Saved data entries:
● ● ●
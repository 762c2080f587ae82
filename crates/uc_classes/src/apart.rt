// The rules on names, types and places, and those on who owns what, each by themselves.

ghost use Rattle.std.specs.Prelude.{◌≡◌, [], IfErr, OnOk};
ghost use Rattle.uc_rules.specs.Breaks.{breaks_of};
ghost use Rattle.uc_rules.specs.FirstRule.{IsFaultOf};
ghost use Rattle.uc_rules.specs.Firsts.{is_owner_number};
ghost use Rattle.uc_classes.specs.Apart.{IsOwnerFault, IsTextFault, KeepsText};

use crate::check::first_break;
use std::alloc::Global;
use uc_rules::checked::RuleFault;
use uc_rules::rule::Break;
use uc_tree::program::Program;

fn is_owner_number(number: u8) -> bool
    ensures { result ≡ is_owner_number number }
{
    24 < number
}

fn fault_of(first: Break) -> RuleFault
    ensures { result ≡ RuleFault.Rule first.rule first.pos }
{
    RuleFault::Rule {
        rule: first.rule,
        pos: first.pos,
    }
}

/// Whether a program breaks none of the rules S1 to S24; else the first of these that it breaks.
#[tactic(auto, using(crate::proofs::First::firsts))]
pub fn check_classes(alloc: Global, program: &Program) -> Result<(), RuleFault>
    ensures kept { OnOk result (KeepsText program.now) }
    ensures broken { IfErr result (λ fault. IsFaultOf program.now fault) }
    ensures text { IfErr result (λ fault. IsTextFault fault) }
{
    match first_break(alloc, program) {
        Ok(Some(first)) => {
            if is_owner_number(first.rule.number()) {
                Ok(())
            } else {
                Err(fault_of(first))
            }
        }
        Ok(None) => Ok(()),
        Err(_) => Err(RuleFault::NoMemory),
    }
}

/// Whether a program, which breaks none of the rules S1 to S24, breaks none of O1 to O9 either; else the first of these that
/// it breaks.
#[tactic(auto, using(crate::proofs::First::firsts))]
pub fn check_owner(alloc: Global, program: &Program) -> Result<(), RuleFault>
    ensures kept { OnOk result (breaks_of program.now ≡ []) }
    ensures broken { IfErr result (λ fault. IsFaultOf program.now fault) }
    ensures owner { KeepsText program.now → IfErr result (λ fault. IsOwnerFault fault) }
{
    match first_break(alloc, program) {
        Ok(Some(first)) => Err(fault_of(first)),
        Ok(None) => Ok(()),
        Err(_) => Err(RuleFault::NoMemory),
    }
}
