#[tactic(auto, using(uc_check_stmt::proofs::Joined::joining))]
fn check_members(walked: ClassWalk, found: &mut Found) -> Result<(), AllocError>
    requires walks { Walks walked.tables.now walked.home walked.class.now walked.circular
        walked.holders.now walked.bound.known walked.bound.names.now }
    requires names { map (λ n. n.now) walked.numbered.now
        ≡ take MEMBERS (mutex_members walked.class.now) }
    requires few { length walked.numbered.now ≤ MEMBERS }
    ensures { OnOk result (found.new
        ≡ with_visits found.old
        (members_visits walked.entry.tables.now walked.entry.home walked.entry.class.now 0
        walked.entry.class.now.members)) }
{
    let members = members_in(walked.class);
    for (place, member) in members.iter().enumerate() {
        check_member(walked, place, member, found)?;
    }
    Ok(())
}

fn members_in(class: &Class) -> &[Member]
    ensures { result.now ≡ class.now.members }
{
    &class.members
}

// The flags of the classes that have a class in their fields, where it has itself in its own.
fn holders_of(
    alloc: Global,
    tables: &Tables,
    place: usize,
    circular: bool,
) -> Result<Vec<bool>, AllocError>
    requires { circular ≡ false → (steps : ℕ) →
        reaches steps (rows_of tables.now) place place ≡ false }
    ensures { IfOk result (λ v. Circling tables.now place circular v.items) }
{
    if circular {
        let holders = tables.sizes().holders(alloc, place)?;
        return Ok(holders);
    }
    Ok(Vec::new(alloc))
}

// What the rules ask of a class as a whole.
fn ask_whole(
    alloc: Global,
    tables: &Tables,
    index: &Index,
    class: &Class,
    home: OwnClass,
    events: usize,
    found: &mut Found,
) -> Result<(), AllocError>
    requires indexed { index.now ≡ tables.now }
    requires events { events ≡ events_before tables.now home.class }
    ensures { OnOk result (found.new
        ≡ first_break_after found.old
        (AtClass (plain_env tables.now (class_around home)) class.now home.class)) }
{
    let outer = Names::new(alloc, tables, class_around(home));
    let asked = ask_class(&outer, index, class, home.class, events, found);
    drop(outer);
    asked
}

// The members of a class, with the flags of the classes that have it in their fields.
fn check_held<'x>(
    alloc: Global,
    tables: &'x Tables<'x>,
    index: &'x Index<'x>,
    class: &'x Class,
    home: OwnClass,
    circle: Circle<'x>,
    found: &mut Found,
) -> Result<(), AllocError>
    requires indexed { index.now ≡ tables.now }
    requires at { class_at tables.now home.class ≡ Some class.now }
    requires circle { Circling tables.now home.class circle.circular circle.holders.now }
    ensures { OnOk result (found.new
        ≡ with_visits found.old (members_visits tables.now home class.now 0 class.now.members)) }
{
    let known = is_mutex(class.kind) && found.is_open(Rule::O5, class.pos);
    let names = bound_fields(alloc, tables, class, home.class, known)?;
    let walked = ClassWalk {
        alloc,
        tables,
        index,
        class,
        home,
        circular: circle.circular,
        holders: circle.holders,
        bound: BoundFields {
            known,
            names: &names,
        },
        numbered: tables.mutex_members(home.class),
    };
    let checked = check_members(walked, found);
    drop(names);
    checked
}

fn check_inside(
    alloc: Global,
    tables: &Tables,
    index: &Index,
    class: &Class,
    home: OwnClass,
    found: &mut Found,
) -> Result<(), AllocError>
    requires indexed { index.now ≡ tables.now }
    requires at { class_at tables.now home.class ≡ Some class.now }
    ensures { OnOk result (found.new
        ≡ with_visits found.old (members_visits tables.now home class.now 0 class.now.members)) }
{
    let circular = tables.sizes().has_itself(home.class);
    let holders = holders_of(alloc, tables, home.class, circular)?;
    let circle = Circle {
        circular,
        holders: &holders,
    };
    check_held(alloc, tables, index, class, home, circle, found)
}

/// A class by its place among the classes of the program, before which so many events stand.
pub fn check_class(
    alloc: Global,
    tables: &Tables,
    index: &Index,
    class: &Class,
    place: usize,
    events: usize,
    found: &mut Found,
) -> Result<(), AllocError>
    requires indexed { index.now ≡ tables.now }
    requires events { events ≡ events_before tables.now place }
    requires at { class_at tables.now place ≡ Some class.now }
    ensures { OnOk result (found.new
        ≡ with_visits found.old (class_visits tables.now place class.now)) }
{
    let home = OwnClass {
        class: place,
        kind: class.kind,
    };
    ask_whole(alloc, tables, index, class, home, events, found)?;
    check_inside(alloc, tables, index, class, home, found)
}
● ● ●
Task item ->
Print exactly the lines from the one containing "check_inside(alloc, tables, index, class, home, found)" through the last line of the records above, both included.

Response to this task ->
    check_inside(alloc, tables, index, class, home, found)
}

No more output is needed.